Write $ h = \gamma(h)h_1$ where $ h_1$ is primitive. Then $ \gamma(f) | \gamma(h)$ and $ \gamma(g) | \gamma(h)$ so $ d | \gamma(h)$ (characterising property of least common multiple). Now observe that $ hK[x]\cap R[x] = h_1K[x]\cap R[x] = h_1R[x]$.

However, also note that $ h_1R[x]\subseteq fK[x]\cap gK[x]\cap R[x] = tK[x]\cap R[x] = tR[x]$ and thus $ t | h_1$ and so $ dt | h$ and thus $ h\in (dt)$, which shows the reverse inclusion. QED

Note that this gives an easy algorithm to compute greatest common divisors in the polynomial ring $ R[x]$ where $ R$ is a GCD-domain, assuming you know how to compute greatest common divisors in $ R$. If $ f,g\in R[x]$, use the Euclidean algorithm to compute $ t$, the greatest common divisor in $ K[x]$, and put $ t$ into the form of a primitive polynomial with coefficients in $ R$. Then $ dt$ is the greatest common divisor of $ f$ and $ g$ in $ R[x]$, where $ d$ is the lowest common multiple of $ \gamma(f)$ and $ \gamma(g)$. So in particular, although $ \mathbb{Z}[x]$ is not a Euclidean domain, we can still use the Euclidean algorithm twice (once in $ \mathbb{Q}[x]$ and once in $ \mathbb{Z}$) to find a greatest common divisor of any two polynomials in $ \mathbb{Z}[x]$.

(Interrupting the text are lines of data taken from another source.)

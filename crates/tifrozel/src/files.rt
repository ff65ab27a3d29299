// The commands that need no shelf: `read` and `check`.
use crate::answers::{Done, bytes_of, records, refused};
use crate::checks::checked;
use crate::listing::list;
use crate::requests::FileAsked;
use filing::VolumeFault;
use std::fs;

// Each record of the file by itself, then the refusal where one cannot be read.
pub fn read(rt: &HostRuntime, head: &str, asked: FileAsked) -> Done {
    let bytes = bytes_of(rt, head, asked.path, fs::read(rt, asked.path))?;
    let listing = list(rt.alloc(), &bytes, &asked.edition)?;
    let many = records(listing.records);
    println!(rt; "{head}: {many}, each by itself")?;
    let lines = listing.lines.as_str();
    print!(rt; "{lines}")?;
    match listing.fault {
        None => Ok(()),
        Some(fault) => refused(rt, head, VolumeFault::File(fault)),
    }
}

pub fn check(rt: &HostRuntime, head: &str, asked: FileAsked, payers: usize) -> Done {
    let bytes = bytes_of(rt, head, asked.path, fs::read(rt, asked.path))?;
    match checked(rt.alloc(), &bytes, &asked.edition, payers)? {
        Ok(counts) => {
            let payments = counts.payments;
            let deductions = counts.deductions;
            let extras = counts.extras;
            let deposits = counts.deposits;
            println!(rt;
                "{head}: accepted, payments {payments}, deductions {deductions}, extra references {extras}, deposits {deposits}"
            )?;
            Ok(())
        }
        Err(fault) => refused(rt, head, VolumeFault::File(fault)),
    }
}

The above argument was abstracted by Gilmer and Parker in [2] to give a template for showing that an integral domain $ D$ is a GCD-domain whenever $ D_S$ is for particular multiplicatively closed sets $ S$, which applies in particular to $ D = R[x]$ and $ S = R – \{0\}$, since $ K[x]$ is always a GCD.

Interestingly, in their paper, they also give conditions for $ R[S]$, the semingroup ring, to be a principal ideal domain. This happens if and only if $ R$ is a field and $ R[S]$ is isomorphic to either $ R[x]$ or $ R[x,x^{-1}]$!

### References

[1] Kaplansky, Irving. Commutative rings. Chicago: University of Chicago Press, 1974.

[2] Gilmer, Robert, and Tom Parker. "Divisibility properties in semigroup rings." The Michigan Mathematical Journal 21.1 (1974): 65-86.